Leading Article: Why Thorp issues must go public
HIGH IN the concrete awfulness of the Department of the Environment, John Selwyn Gummer is wrestling with his conscience. Together with Gillian Shephard, the Agriculture Secretary, he has to decide whether to give the go-ahead to the Thorp reprocessing plant. The issues at stake are immense, enough to trouble a man with much more stunted moral sensitivities.

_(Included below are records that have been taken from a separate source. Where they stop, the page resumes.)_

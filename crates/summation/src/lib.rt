// The reliability of a small station, summed over all states of its sheet.
#![tactic(auto)]

mod summing;
mod sums;

pub use summing::sum_states;
pub use sums::{SumError, Sums};
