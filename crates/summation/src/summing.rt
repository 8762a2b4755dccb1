ghost use Rattle.std.specs.Prelude.{◌≡◌, ◌≤◌, ◌^◌, length};
ghost use Rattle.sheet.specs.Parts.{count_of, figures_of};
ghost use Rattle.summation.specs.Summed.{SumsOf, Summed};

use crate::sums::{SumError, Sums};
use sheet::Sheet;
use states::State;
use structures::Structure;

// How many states the sheet has.
#[tactic(auto, using(crate::proofs::Totals::all_numbers))]
fn state_count(sheet: &Sheet) -> u64
    requires { count_of sheet.now ≤ 20 }
    ensures { result ≡ 2 ^ length (figures_of sheet.now) }
{
    1 << sheet.count()
}

// All states of the sheet, one after the other.
#[tactic(auto, using(states::proofs::Sums::sum_none, crate::proofs::Totals::so_far, crate::proofs::Totals::working_more, crate::proofs::Totals::failing_more, crate::proofs::Totals::in_all))]
fn all_states<S: Structure>(sheet: &Sheet, pile: &S) -> Sums
    requires { count_of sheet.now ≤ 20 }
    ensures { SumsOf (S.Structure.works pile.now) sheet.now result }
{
    let mut sums = Sums {
        working: 0,
        failing: 0,
    };
    // No `fold`: tried, and its closure would owe that no sum overflows.
    for number in 0..state_count(sheet) {
        let state = State::new(number);
        sums = sums.with(state.mass(sheet), pile.works_in(state));
    }
    sums
}

// The masses of all working states of the sheet, and of all failing ones. Sheets of at most 20 parts are summed.
pub fn sum_states<S: Structure>(sheet: &Sheet, pile: &S) -> Result<Sums, SumError>
    ensures { Summed (S.Structure.works pile.now) sheet.now result }
{
    if sheet.count() > 20 {
        return Err(SumError::TooManyParts);
    }
    Ok(all_states(sheet, pile))
}
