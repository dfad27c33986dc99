// Buffers made and freed, as small machines over the questions allocate, map, unmap and free.
#![tactic(auto)]

ghost use Rattle.std.specs.Prelude.{◌≡◌};
ghost use Rattle.dma.specs.declared.Buffer.{Buffer};
ghost use Rattle.pci.specs.Refusals.{refusal};
ghost use Rattle.buffer.specs.Buffer.{fault};
ghost use Rattle.buffer.specs.Steps.{pages_in, in_phase, allocated, spotted, map_step, unmapped, freed, make_asks, make_step_of, make_of};
ghost use Rattle.buffer.specs.Steps.{start_free, free_on, free_asks, free_step_of};
ghost use Rattle.buffer.specs.declared.MakeStep.TheVariants.{More};

use dma::Buffer;
use pci::{Answer, NoReply, Question, Refusal};

// Why there is no buffer: memory was not to be had, or its device address cannot be used.
#[derive(Clone, Copy)]
pub enum Fault {
    Memory,
    Address,
}

impl Fault {
    // The refusal: 5 or 18.
    pub fn refusal(self) -> Refusal
        ensures { refusal {A = Buffer} result ≡ fault self }
    {
        match self {
            Fault::Memory => Refusal::Memory,
            Fault::Address => Refusal::Address,
        }
    }
}

// A buffer, or why there is none.
#[derive(Clone, Copy)]
pub enum Made {
    Ready(Buffer),
    Refused(Fault),
}

// The open question while a buffer is made: pages are asked for, then mapped; or what was had under a handle is given up.
#[derive(Clone, Copy)]
pub enum MakePhase {
    Allocate,
    Map(u64),
    Unmap(u64, Fault),
    Free(u64, Fault),
}

// A buffer that is being made, and its bytes, a whole number of pages.
#[derive(Clone, Copy)]
pub struct Making {
    pub bytes: u64,
    pub phase: MakePhase,
}

// Where a step leads.
#[derive(Clone, Copy)]
pub enum MakeStep {
    More(Making),
    Ended(Made),
}

// The open question while a buffer is freed.
#[derive(Clone, Copy)]
pub enum FreePhase {
    Unmap,
    Free,
}

// A buffer that is being freed.
#[derive(Clone, Copy)]
pub struct Freeing {
    pub handle: u64,
    pub pages: u64,
    pub phase: FreePhase,
}

// Where a step leads.
#[derive(Clone, Copy)]
pub enum FreeStep {
    More(Freeing),
    Freed,
}

impl Making {
    // The making of a buffer begins with its first question, or is refused before it.
    pub fn start(bytes: u64) -> MakeStep
        ensures { result ≡ make_of bytes }
    {
        match dma::pages_of(bytes) {
            Ok(n) => MakeStep::More(Making {
                bytes: n * dma::PAGE,
                phase: MakePhase::Allocate,
            }),
            Err(_) => MakeStep::Ended(Made::Refused(Fault::Address)),
        }
    }

    fn page_count(self) -> u64
        ensures { result ≡ pages_in self }
    {
        self.bytes / dma::PAGE
    }

    // The same buffer at another question.
    fn at(self, phase: MakePhase) -> MakeStep
        ensures { result ≡ More (in_phase self phase) }
    {
        MakeStep::More(Making { phase, ..self })
    }

    // The open question.
    pub fn asks(self) -> Question
        ensures { result ≡ make_asks self }
    {
        let pages = self.page_count();
        match self.phase {
            MakePhase::Allocate => Question::Allocate(pages),
            MakePhase::Map(handle) => Question::Map(handle, pages * dma::PAGE),
            MakePhase::Unmap(handle, _) => Question::Unmap(handle),
            MakePhase::Free(handle, _) => Question::Free(handle, pages),
        }
    }

    // The pages were handed over, or not.
    fn granted(self, r: Result<u64, NoReply>) -> MakeStep
        ensures { result ≡ allocated self r }
    {
        match r {
            Ok(handle) => self.at(MakePhase::Map(handle)),
            Err(NoReply::Failed) => MakeStep::Ended(Made::Refused(Fault::Memory)),
            Err(NoReply::Wrong) => MakeStep::More(self),
        }
    }

    // The pages were mapped: the address is looked at, then the size.
    fn placed(self, handle: u64, address: u64, bytes: u64) -> MakeStep
        ensures { result ≡ spotted self handle address bytes }
    {
        let pages = self.page_count();
        match dma::accept(address, pages) {
            Ok(()) => {
                if bytes == pages * dma::PAGE {
                    return MakeStep::Ended(Made::Ready(Buffer {
                        handle,
                        dev: address,
                        pages,
                    }));
                }
                self.at(MakePhase::Unmap(handle, Fault::Memory))
            }
            Err(_) => self.at(MakePhase::Unmap(handle, Fault::Address)),
        }
    }

    fn mapped(self, handle: u64, r: Result<(u64, u64), NoReply>) -> MakeStep
        ensures { result ≡ map_step self handle r }
    {
        match r {
            Ok((address, bytes)) => self.placed(handle, address, bytes),
            Err(NoReply::Failed) => self.at(MakePhase::Free(handle, Fault::Memory)),
            Err(NoReply::Wrong) => MakeStep::More(self),
        }
    }

    fn unmap(self, handle: u64, fault: Fault, r: Result<(), NoReply>) -> MakeStep
        ensures { result ≡ unmapped self handle fault r }
    {
        match r {
            Ok(()) | Err(NoReply::Failed) => self.at(MakePhase::Free(handle, fault)),
            Err(NoReply::Wrong) => MakeStep::More(self),
        }
    }

    fn free(self, fault: Fault, r: Result<(), NoReply>) -> MakeStep
        ensures { result ≡ freed self fault r }
    {
        match r {
            Ok(()) | Err(NoReply::Failed) => MakeStep::Ended(Made::Refused(fault)),
            Err(NoReply::Wrong) => MakeStep::More(self),
        }
    }

    // The making takes the answer to its open question; an answer of another kind leaves it as it is.
    pub fn step(self, a: Answer) -> MakeStep
        ensures { result ≡ make_step_of self a }
    {
        match self.phase {
            MakePhase::Allocate => self.granted(pci::as_handle(a)),
            MakePhase::Map(handle) => self.mapped(handle, pci::as_map(a)),
            MakePhase::Unmap(handle, fault) => self.unmap(handle, fault, pci::as_done(a)),
            MakePhase::Free(_, fault) => self.free(fault, pci::as_done(a)),
        }
    }
}

impl Freeing {
    // A buffer's freeing begins.
    pub fn start(b: Buffer) -> Freeing
        ensures { result ≡ start_free b }
    {
        Freeing {
            handle: b.handle,
            pages: b.pages,
            phase: FreePhase::Unmap,
        }
    }

    // The open question.
    pub fn asks(self) -> Question
        ensures { result ≡ free_asks self }
    {
        match self.phase {
            FreePhase::Unmap => Question::Unmap(self.handle),
            FreePhase::Free => Question::Free(self.handle, self.pages),
        }
    }

    // What follows a call whose failure is passed over.
    fn goes(self, next: FreeStep, r: Result<(), NoReply>) -> FreeStep
        ensures { result ≡ free_on self next r }
    {
        match r {
            Ok(()) | Err(NoReply::Failed) => next,
            Err(NoReply::Wrong) => FreeStep::More(self),
        }
    }

    // The freeing takes the answer to its open question; an answer of another kind leaves it as it is.
    pub fn step(self, a: Answer) -> FreeStep
        ensures { result ≡ free_step_of self a }
    {
        let next = Freeing {
            phase: FreePhase::Free,
            ..self
        };
        match self.phase {
            FreePhase::Unmap => self.goes(FreeStep::More(next), pci::as_done(a)),
            FreePhase::Free => self.goes(FreeStep::Freed, pci::as_done(a)),
        }
    }
}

Unfortunately, Mr Gummer's is a private travail. It is 16 years since these issues were weighed in public, at the 100-day-long Windscale inquiry. The inquiry's report, which allowed the pounds 2.8bn plant to be built, was controversial then: it is entirely discredited now. Thorp was approved to extract plutonium and uranium for re-use in fast-breeder reactors, and to make it easier to dispose of nuclear waste. But fast-breeders have been abandoned, the world is awash with unwanted plutonium and uranium, and the Government's own advisers say there is no need for Thorp.
There are arguments for the plant. It would provide much-needed employment in West Cumbria and pile up a lot of Japanese yen to assist the balance of payments. But it will also raise electricity prices, increase pollution (causing, over a long time, hundreds of extra deaths in the world), and greatly increase the risk of the spread of nuclear weapons.
By law and custom, ministers must establish that the benefits outweigh the perils. This is not being seen to be done. Even the economic study that, we are assured, shows Thorp to be viable is being kept secret. The honest and honourable course for ministers would be to hold another public inquiry so that the arguments can be aired and weighed openly.